— WHAT TO PRODUCE —
Gather from the material every line that contains the string "this".

— RECORDS TO USE —
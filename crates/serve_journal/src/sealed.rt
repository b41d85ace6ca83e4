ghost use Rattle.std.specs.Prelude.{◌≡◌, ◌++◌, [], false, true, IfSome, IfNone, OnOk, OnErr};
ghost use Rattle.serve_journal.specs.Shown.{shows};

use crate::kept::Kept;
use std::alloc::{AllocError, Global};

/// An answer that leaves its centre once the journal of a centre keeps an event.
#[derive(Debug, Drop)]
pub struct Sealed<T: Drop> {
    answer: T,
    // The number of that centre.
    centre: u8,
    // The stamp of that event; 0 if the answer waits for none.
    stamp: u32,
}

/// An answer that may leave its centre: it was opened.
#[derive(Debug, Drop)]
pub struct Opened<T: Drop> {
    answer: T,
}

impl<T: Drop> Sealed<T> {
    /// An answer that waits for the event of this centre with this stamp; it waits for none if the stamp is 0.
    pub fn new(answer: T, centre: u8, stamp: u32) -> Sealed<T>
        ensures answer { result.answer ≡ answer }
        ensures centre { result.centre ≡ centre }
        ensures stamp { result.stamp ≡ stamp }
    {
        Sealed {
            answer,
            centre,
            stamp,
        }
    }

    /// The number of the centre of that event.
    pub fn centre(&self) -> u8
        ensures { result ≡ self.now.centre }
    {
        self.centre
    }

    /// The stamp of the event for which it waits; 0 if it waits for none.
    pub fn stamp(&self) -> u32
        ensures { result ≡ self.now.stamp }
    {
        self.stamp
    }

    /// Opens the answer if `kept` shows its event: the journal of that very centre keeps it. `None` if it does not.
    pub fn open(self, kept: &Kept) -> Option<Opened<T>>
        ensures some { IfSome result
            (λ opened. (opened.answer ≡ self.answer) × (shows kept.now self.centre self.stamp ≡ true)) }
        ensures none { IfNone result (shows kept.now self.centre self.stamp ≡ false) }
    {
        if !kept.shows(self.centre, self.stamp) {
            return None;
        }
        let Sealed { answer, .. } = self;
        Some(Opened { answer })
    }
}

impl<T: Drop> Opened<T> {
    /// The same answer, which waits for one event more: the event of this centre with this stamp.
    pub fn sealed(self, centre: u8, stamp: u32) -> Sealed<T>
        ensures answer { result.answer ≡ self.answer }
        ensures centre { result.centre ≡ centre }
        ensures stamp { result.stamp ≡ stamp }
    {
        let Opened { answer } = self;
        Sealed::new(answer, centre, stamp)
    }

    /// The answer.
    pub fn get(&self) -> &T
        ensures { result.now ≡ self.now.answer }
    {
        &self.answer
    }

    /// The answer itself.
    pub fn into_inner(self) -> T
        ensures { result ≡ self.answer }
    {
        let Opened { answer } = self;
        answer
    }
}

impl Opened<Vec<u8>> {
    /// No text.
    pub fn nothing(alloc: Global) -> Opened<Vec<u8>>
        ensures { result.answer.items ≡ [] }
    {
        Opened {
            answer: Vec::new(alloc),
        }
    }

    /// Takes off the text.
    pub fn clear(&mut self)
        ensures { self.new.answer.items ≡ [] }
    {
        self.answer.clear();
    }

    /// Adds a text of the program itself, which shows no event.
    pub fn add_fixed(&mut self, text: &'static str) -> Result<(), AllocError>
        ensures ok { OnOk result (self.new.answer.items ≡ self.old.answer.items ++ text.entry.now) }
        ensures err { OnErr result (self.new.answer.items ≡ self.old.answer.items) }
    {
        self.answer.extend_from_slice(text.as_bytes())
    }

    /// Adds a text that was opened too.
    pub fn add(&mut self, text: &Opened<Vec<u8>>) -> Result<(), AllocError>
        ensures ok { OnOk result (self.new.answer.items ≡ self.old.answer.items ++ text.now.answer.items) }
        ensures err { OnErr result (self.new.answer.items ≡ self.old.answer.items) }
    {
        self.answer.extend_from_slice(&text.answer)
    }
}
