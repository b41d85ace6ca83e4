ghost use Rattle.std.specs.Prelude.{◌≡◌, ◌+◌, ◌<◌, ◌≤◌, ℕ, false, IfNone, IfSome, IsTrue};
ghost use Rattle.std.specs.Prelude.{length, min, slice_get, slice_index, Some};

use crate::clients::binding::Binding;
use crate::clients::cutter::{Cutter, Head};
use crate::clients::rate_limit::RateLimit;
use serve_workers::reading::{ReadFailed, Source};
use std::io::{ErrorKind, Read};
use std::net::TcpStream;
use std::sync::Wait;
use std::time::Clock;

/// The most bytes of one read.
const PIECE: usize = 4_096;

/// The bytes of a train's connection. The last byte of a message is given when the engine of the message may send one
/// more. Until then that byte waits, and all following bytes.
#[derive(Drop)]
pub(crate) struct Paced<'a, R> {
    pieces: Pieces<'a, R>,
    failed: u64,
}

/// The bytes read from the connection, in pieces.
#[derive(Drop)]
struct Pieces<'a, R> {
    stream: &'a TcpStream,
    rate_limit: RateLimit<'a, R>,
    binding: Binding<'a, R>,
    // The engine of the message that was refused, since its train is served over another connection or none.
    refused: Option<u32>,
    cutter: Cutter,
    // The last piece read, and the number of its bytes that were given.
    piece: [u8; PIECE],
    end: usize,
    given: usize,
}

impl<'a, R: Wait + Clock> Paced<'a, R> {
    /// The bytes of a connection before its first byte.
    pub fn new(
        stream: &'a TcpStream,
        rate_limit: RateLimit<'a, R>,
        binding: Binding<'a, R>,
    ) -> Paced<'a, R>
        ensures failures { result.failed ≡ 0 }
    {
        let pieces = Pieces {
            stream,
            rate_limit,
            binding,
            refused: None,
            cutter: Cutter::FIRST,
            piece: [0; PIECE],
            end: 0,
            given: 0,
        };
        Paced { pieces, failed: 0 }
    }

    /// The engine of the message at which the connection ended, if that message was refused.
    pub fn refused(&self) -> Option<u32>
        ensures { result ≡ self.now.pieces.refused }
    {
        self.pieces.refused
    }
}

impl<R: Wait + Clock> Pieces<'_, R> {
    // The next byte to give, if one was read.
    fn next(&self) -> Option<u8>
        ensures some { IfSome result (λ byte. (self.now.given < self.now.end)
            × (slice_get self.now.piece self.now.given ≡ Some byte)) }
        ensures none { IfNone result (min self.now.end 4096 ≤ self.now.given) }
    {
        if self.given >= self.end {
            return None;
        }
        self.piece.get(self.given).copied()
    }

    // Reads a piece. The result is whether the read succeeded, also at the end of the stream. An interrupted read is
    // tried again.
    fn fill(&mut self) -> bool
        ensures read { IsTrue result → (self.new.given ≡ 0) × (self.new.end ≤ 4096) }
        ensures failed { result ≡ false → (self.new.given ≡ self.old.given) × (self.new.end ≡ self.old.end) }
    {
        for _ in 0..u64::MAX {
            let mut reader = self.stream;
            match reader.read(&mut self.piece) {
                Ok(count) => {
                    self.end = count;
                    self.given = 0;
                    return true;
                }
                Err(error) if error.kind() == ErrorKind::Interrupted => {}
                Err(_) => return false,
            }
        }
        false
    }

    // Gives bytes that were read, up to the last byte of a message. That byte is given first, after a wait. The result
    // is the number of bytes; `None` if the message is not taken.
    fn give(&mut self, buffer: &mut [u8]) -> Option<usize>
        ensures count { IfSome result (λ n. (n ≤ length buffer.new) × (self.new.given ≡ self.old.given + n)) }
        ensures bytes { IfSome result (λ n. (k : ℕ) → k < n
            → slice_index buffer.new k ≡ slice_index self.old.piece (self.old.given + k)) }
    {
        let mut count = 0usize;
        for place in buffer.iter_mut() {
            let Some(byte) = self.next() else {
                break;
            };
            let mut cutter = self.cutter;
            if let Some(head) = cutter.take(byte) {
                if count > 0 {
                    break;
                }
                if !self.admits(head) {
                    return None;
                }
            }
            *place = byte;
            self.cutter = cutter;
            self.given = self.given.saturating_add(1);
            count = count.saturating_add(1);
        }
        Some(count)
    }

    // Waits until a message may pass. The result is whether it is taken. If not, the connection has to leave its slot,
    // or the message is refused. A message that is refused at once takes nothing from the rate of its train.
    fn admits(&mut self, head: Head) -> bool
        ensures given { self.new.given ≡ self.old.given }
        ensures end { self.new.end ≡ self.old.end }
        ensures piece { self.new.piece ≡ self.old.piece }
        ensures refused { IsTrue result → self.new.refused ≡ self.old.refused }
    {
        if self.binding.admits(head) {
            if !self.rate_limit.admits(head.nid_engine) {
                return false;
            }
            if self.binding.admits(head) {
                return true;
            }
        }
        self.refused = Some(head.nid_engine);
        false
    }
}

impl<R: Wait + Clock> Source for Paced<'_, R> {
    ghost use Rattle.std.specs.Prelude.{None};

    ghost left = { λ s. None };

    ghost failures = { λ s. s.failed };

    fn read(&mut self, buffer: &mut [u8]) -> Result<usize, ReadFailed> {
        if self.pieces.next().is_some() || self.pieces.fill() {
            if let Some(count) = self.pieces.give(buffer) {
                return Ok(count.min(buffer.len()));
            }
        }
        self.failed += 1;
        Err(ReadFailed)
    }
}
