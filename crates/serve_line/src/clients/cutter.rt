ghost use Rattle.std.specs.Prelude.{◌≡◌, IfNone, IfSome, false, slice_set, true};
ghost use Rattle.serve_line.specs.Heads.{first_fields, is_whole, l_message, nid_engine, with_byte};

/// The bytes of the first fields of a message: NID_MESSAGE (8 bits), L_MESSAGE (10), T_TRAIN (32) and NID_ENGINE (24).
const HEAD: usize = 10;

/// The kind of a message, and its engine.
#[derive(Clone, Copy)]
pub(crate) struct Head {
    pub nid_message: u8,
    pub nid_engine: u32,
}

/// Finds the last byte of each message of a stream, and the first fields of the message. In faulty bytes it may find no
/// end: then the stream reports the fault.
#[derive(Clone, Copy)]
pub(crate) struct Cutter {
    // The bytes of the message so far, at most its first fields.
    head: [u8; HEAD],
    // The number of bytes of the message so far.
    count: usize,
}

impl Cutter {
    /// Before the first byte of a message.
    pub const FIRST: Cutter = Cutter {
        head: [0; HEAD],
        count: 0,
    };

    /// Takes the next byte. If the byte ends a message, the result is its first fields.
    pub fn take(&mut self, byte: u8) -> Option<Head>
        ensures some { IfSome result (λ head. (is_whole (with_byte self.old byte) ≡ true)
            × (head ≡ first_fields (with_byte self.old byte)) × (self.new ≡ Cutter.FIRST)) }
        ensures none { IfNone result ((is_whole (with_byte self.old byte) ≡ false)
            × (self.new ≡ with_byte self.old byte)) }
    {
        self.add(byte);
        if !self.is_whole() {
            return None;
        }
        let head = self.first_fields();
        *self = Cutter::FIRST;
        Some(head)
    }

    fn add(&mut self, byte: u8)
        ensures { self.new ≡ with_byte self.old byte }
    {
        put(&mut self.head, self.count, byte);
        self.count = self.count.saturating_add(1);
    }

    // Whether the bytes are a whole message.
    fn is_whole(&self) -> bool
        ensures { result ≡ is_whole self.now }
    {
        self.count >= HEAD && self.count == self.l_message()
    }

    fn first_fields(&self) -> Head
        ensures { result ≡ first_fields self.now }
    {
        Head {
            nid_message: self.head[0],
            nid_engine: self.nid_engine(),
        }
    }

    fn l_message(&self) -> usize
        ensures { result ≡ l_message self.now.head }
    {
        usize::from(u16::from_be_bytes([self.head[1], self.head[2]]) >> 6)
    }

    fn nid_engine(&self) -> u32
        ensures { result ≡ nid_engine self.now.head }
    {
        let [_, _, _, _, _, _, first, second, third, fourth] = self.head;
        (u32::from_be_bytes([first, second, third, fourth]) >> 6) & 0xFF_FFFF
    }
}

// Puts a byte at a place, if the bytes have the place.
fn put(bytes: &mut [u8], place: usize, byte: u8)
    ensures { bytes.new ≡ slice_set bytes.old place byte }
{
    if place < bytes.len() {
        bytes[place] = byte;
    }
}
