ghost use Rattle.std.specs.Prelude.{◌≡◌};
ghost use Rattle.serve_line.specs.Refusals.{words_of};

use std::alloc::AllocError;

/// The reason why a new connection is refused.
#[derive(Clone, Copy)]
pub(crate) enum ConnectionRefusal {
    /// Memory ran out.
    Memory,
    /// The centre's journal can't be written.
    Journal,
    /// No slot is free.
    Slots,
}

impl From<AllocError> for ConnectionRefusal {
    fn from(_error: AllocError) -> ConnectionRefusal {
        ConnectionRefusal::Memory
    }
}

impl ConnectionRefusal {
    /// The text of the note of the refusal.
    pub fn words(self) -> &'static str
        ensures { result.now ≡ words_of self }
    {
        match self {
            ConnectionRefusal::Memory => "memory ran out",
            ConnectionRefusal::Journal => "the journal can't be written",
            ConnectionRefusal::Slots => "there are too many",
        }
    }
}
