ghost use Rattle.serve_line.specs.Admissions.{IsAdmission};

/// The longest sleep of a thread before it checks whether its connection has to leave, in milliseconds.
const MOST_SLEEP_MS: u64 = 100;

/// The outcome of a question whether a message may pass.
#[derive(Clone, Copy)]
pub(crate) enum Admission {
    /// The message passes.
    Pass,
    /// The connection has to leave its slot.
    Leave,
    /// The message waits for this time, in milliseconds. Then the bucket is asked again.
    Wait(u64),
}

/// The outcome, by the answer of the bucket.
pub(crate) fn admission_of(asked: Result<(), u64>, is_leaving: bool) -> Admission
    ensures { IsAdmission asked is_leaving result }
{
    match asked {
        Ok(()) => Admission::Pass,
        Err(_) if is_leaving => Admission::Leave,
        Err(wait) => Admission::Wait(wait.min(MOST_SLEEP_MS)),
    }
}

— WRITTEN ANSWER —
    /// An answer that waits for the event of this centre with this stamp; it waits for none if the stamp is 0.
    /// The same answer, which waits for one event more: the event of this centre with this stamp.
    /// The message waits for this time, in milliseconds. Then the bucket is asked again.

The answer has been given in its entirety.